The COVID-19 Pandemic: How to Achieve a Fair and Effective Response That Includes Migrants
Since the new SARS-CoV-2 coronavirus was identified earlier this year, the World Health Organization (WHO) declared, in less than ten weeks, the pandemic of its disease, COVID-19. Since then, human-to-human transmission of the virus has exploded worldwide.
As reported cases increased, initially in areas concentrated in China, Iran, and Italy, measures to contain this pandemic were implemented, often slowly. Now, health systems are racing to review the abundant evidence available from many countries on the effectiveness of various policies to reduce transmission rates.
The success of the measures depends on strong leadership, public support for the response, effective management of the pressure on the health system, and a continuous flow of needed resources, particularly protective equipment for health workers and now also for the general population.
However, if government policies do not explicitly address the needs of vulnerable groups such as the homeless, sex workers, people in the prison system, drug users, and migrants, efforts to control the pandemic will fail since VIDOC-19 is highly contagious, highly prevalent, and often asymptomatic.
If government policies do not explicitly address the needs of vulnerable groups, efforts to control the pandemic will fail as VIDOC-19 is highly transmissible, highly prevalent and often asymptomatic
Migration and the mobility of people across borders have been linked to health problems. Studies indicate that migrants face different levels of health inequalities and have more significant challenges in accessing care for infectious diseases, mental health, diabetes, occupational health risks, and maternal and child health needs, for example. Migrants often have limited access to information about health services, leading to misuse or underutilization of available services. As highlighted by the WHO Regional Office for Europe recently in The Lancet, migrants,, and refugees are particularly vulnerable to the impact of IDOC-19, generally within the framework of society and in particular in the health system.
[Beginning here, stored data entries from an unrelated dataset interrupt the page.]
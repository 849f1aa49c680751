//! Maps from software queues to hardware queues, and requeue lists.

use crate::queues::given::{Heap, bio};
use blk_bio::Dir;
use blk_queues::{Map, MapFault, RequeueList, RequeueLists};
use blk_sched::Queued;
use refusing::Refusing;
use std::alloc::Global;
use std::process::Abort;

/// What comes of making a map.
fn map(rt: &impl Abort, alloc: Global, entries: &[u8]) -> Result<Map, MapFault> {
    Map::new(Vec::from_slice(alloc, entries).expect(rt, "memory"))
}

#[test]
fn constructors_refuse(rt: HostRuntime) {
    let refused: [(&[u8], MapFault); 5] = [
        (&[], MapFault::Empty),
        (&[1], MapFault::Unserved(0)),
        (&[0, 3, 1], MapFault::Unserved(2)),
        (&[16], MapFault::TooMany),
        (&[0; 65], MapFault::TooMany),
    ];
    for (entries, fault) in refused {
        assert_eq!(rt; map(&rt, rt.alloc(), entries).err(), Some(fault));
    }
    let made: [(&[u8], usize, u8); 3] = [
        (&[0; 64], 64, 1),
        (
            &[0, 1, 2, 3, 4, 5, 6, 7, 8, 9, 10, 11, 12, 13, 14, 15],
            16,
            16,
        ),
        (&[0, 1, 0], 3, 2),
    ];
    for (entries, soft_count, hw_count) in made {
        let map = map(&rt, rt.alloc(), entries).expect(&rt, "a map");
        assert_eq!(rt; (map.soft_count(), map.hw_count()), (soft_count, hw_count));
        for (soft, hw) in entries.iter().enumerate() {
            assert!(rt; soft < map.soft_count());
            assert_eq!(rt; map.hw_of(soft), *hw);
        }
    }
}

/// A read with an id, released in round 1 and due in round 5.
fn queued(rt: &impl Abort, id: u64) -> Queued {
    Queued {
        id,
        hw: 0,
        release: 1,
        due: 5,
        extent: bio(rt, Dir::Read, 0, 1).extent(),
    }
}

/// Requests leave in the order in which they were requeued, which is not that of their ids.
fn holds(rt: &impl Abort, heap: Heap<'_>) {
    let mut requeued = RequeueList::new(heap);
    assert_eq!(rt; requeued.len(), 0);
    for id in 0..20u64 {
        let id = 19 - id;
        let queued = queued(rt, id);
        let armed = heap.is_armed();
        if requeued.push(queued).is_err() {
            assert!(rt; armed && !heap.is_armed());
            assert!(rt; requeued.push(queued).is_ok());
        }
    }
    assert_eq!(rt; requeued.len(), 20);
    for id in 0..20u64 {
        let first = requeued.take_first().expect(rt, "a request");
        assert_eq!(rt;
            (first.id, first.hw, first.release, first.due),
            (19 - id, 0, 1, 5)
        );
    }
    assert!(rt; requeued.take_first().is_none());
}

/// What was requeued from a hardware queue goes out to that one alone, in the order in which it was requeued.
#[test]
fn requeued_by_hardware_queue(rt: HostRuntime) {
    let heap = Refusing::new(rt.alloc());
    let mut requeued = RequeueLists::new(&heap, 3).expect(&rt, "memory");
    assert!(rt; requeued.push(2, queued(&rt, 7)).is_ok());
    assert!(rt; requeued.push(0, queued(&rt, 4)).is_ok());
    assert!(rt; requeued.push(2, queued(&rt, 5)).is_ok());
    assert!(rt; requeued.take_first(1).is_none());
    assert_eq!(rt;
        requeued.take_first(2).expect(&rt, "the first of two").id,
        7
    );
    assert_eq!(rt; requeued.take_first(0).expect(&rt, "the only one").id, 4);
    assert_eq!(rt; requeued.take_first(2).expect(&rt, "the second").id, 5);
    assert!(rt; requeued.take_first(2).is_none());
    assert!(rt; requeued.take_first(0).is_none());
}

#[test]
fn memory_refused(rt: HostRuntime) {
    let heap = Refusing::new(rt.alloc());
    for n in 1..1000u64 {
        heap.refuse(n);
        holds(&rt, &heap);
        if heap.is_armed() {
            assert!(rt; n > 2);
            return;
        }
    }
    panic!(rt; "refused for ever");
}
Under normal circumstances, many European health systems are already failing to implement policies that go beyond the mandatory laws regulating the care of migrants and are doing little to address the diverse needs of migrant populations. In extraordinary circumstances, such as those caused by a pandemic, such shortfalls are magnified. They can lead to these often vulnerable populations being placed even further on the margins of society. Health promotion activities, which include providing information in local languages, are often neglected. Cultural barriers can make it difficult to integrate fully into the system, and many migrants do not use primary health care but rely on emergency departments or free health services.
To combat COVID-19, many national and regional governments have asked people to stay home if they feel sick and to report symptoms through a mobile phone application if possible, or by calling their primary care physician. So, where are the migrants who do not use primary care services or do not have a mobile phone with this application translated into their language to report possible symptoms?
Policies implemented in countries around the world are helping to curb the epidemic. Although these measures have an impact on our daily lives and can be disruptive, they are reducing person-to-person transmission and decreasing the burden of the disease. However, in many cases,, they are not sufficiently focused on safeguarding vulnerable populations, including migrants.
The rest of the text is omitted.